## TASK BRIEF:
Your answer must be an exact copy of the lines from the one holding "use crate::listing::Listing;" through the last line of the entries below, with nothing added.

Saved entries
··········

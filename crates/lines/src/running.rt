//! From the first line to the totals.
ghost use Rattle.std.specs.Prelude.{◌≡◌, IfSome, OnOk};
ghost use Rattle.std.specs.Io.KnownBytes.{Appends};
ghost use Rattle.capture.specs.Lines.{lines_of};
ghost use Rattle.lines.specs.Listings.{is_read, is_rewritten, times, lines_text};

use crate::listing::Listing;
use capture::input::{fill, too_long};
use std::io;
use std::io::{BufRead, Write};

/// Prints each line's number with the message that it is or why it is none, and then the totals.
/// Every message that is read gives its line back: as many are rewritten as are read.
pub fn run<R: BufRead, W: Write>(input: &mut R, output: &mut W) -> io::Result<()>
    ensures says { OnOk result (IfSome (R.remaining input.old) (λ bytes.
        Appends (W.contents output.old) (W.contents output.new) (lines_text bytes))) }
    ensures even { OnOk result (IfSome (R.remaining input.old) (λ bytes.
        times is_rewritten (lines_of bytes) ≡ times is_read (lines_of bytes))) }
{
    let mut listing = Listing::new();
    // Nothing says that the input ends, and no handle to wait without end is used here: so the
    // turns are counted.
    for _ in 0..u64::MAX {
        let piece = fill(input)?;
        let count = piece.len();
        if count == 0 {
            return listing.finish(output);
        }
        listing.take(piece, output)?;
        input.consume(count);
        // The next read may wait for its bytes, and what is printed does not wait for them.
        output.flush()?;
    }
    Err(too_long())
}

··········

## ANSWER TO THIS TASK:
use crate::listing::Listing;
use capture::input::{fill, too_long};
use std::io;
use std::io::{BufRead, Write};

/// Prints each line's number with the message that it is or why it is none, and then the totals.
/// Every message that is read gives its line back: as many are rewritten as are read.
pub fn run<R: BufRead, W: Write>(input: &mut R, output: &mut W) -> io::Result<()>
    ensures says { OnOk result (IfSome (R.remaining input.old) (λ bytes.
        Appends (W.contents output.old) (W.contents output.new) (lines_text bytes))) }
    ensures even { OnOk result (IfSome (R.remaining input.old) (λ bytes.
        times is_rewritten (lines_of bytes) ≡ times is_read (lines_of bytes))) }
{
    let mut listing = Listing::new();
    // Nothing says that the input ends, and no handle to wait without end is used here: so the
    // turns are counted.
    for _ in 0..u64::MAX {
        let piece = fill(input)?;
        let count = piece.len();
        if count == 0 {
            return listing.finish(output);
        }
        listing.take(piece, output)?;
        input.consume(count);
        // The next read may wait for its bytes, and what is printed does not wait for them.
        output.flush()?;
    }
    Err(too_long())
}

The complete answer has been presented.